** Task to complete **
Exactly the lines from the one containing "filename crates/sw_record/src/trace.rt" to the final line below should be output, and no others.

=== Begin Enclosure ===

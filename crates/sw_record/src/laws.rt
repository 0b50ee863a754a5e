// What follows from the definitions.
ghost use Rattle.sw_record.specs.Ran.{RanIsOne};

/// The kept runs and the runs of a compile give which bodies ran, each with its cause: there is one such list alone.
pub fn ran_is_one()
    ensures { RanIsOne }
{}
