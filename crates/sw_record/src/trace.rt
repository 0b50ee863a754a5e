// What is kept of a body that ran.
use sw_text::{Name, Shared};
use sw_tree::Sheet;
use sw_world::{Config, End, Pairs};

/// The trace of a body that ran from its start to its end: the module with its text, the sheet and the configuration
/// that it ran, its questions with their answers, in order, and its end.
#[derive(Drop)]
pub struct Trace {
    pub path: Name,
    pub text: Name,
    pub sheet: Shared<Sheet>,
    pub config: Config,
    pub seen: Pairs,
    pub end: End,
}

=== End Enclosure ===

** Response for this exercise **
filename crates/sw_record/src/trace.rt
repository 0b50ee863a754a5e
// What is kept of a body that ran.
use sw_text::{Name, Shared};
use sw_tree::Sheet;
use sw_world::{Config, End, Pairs};

/// The trace of a body that ran from its start to its end: the module with its text, the sheet and the configuration
/// that it ran, its questions with their answers, in order, and its end.
#[derive(Drop)]
pub struct Trace {
    pub path: Name,
    pub text: Name,
    pub sheet: Shared<Sheet>,
    pub config: Config,
    pub seen: Pairs,
    pub end: End,
}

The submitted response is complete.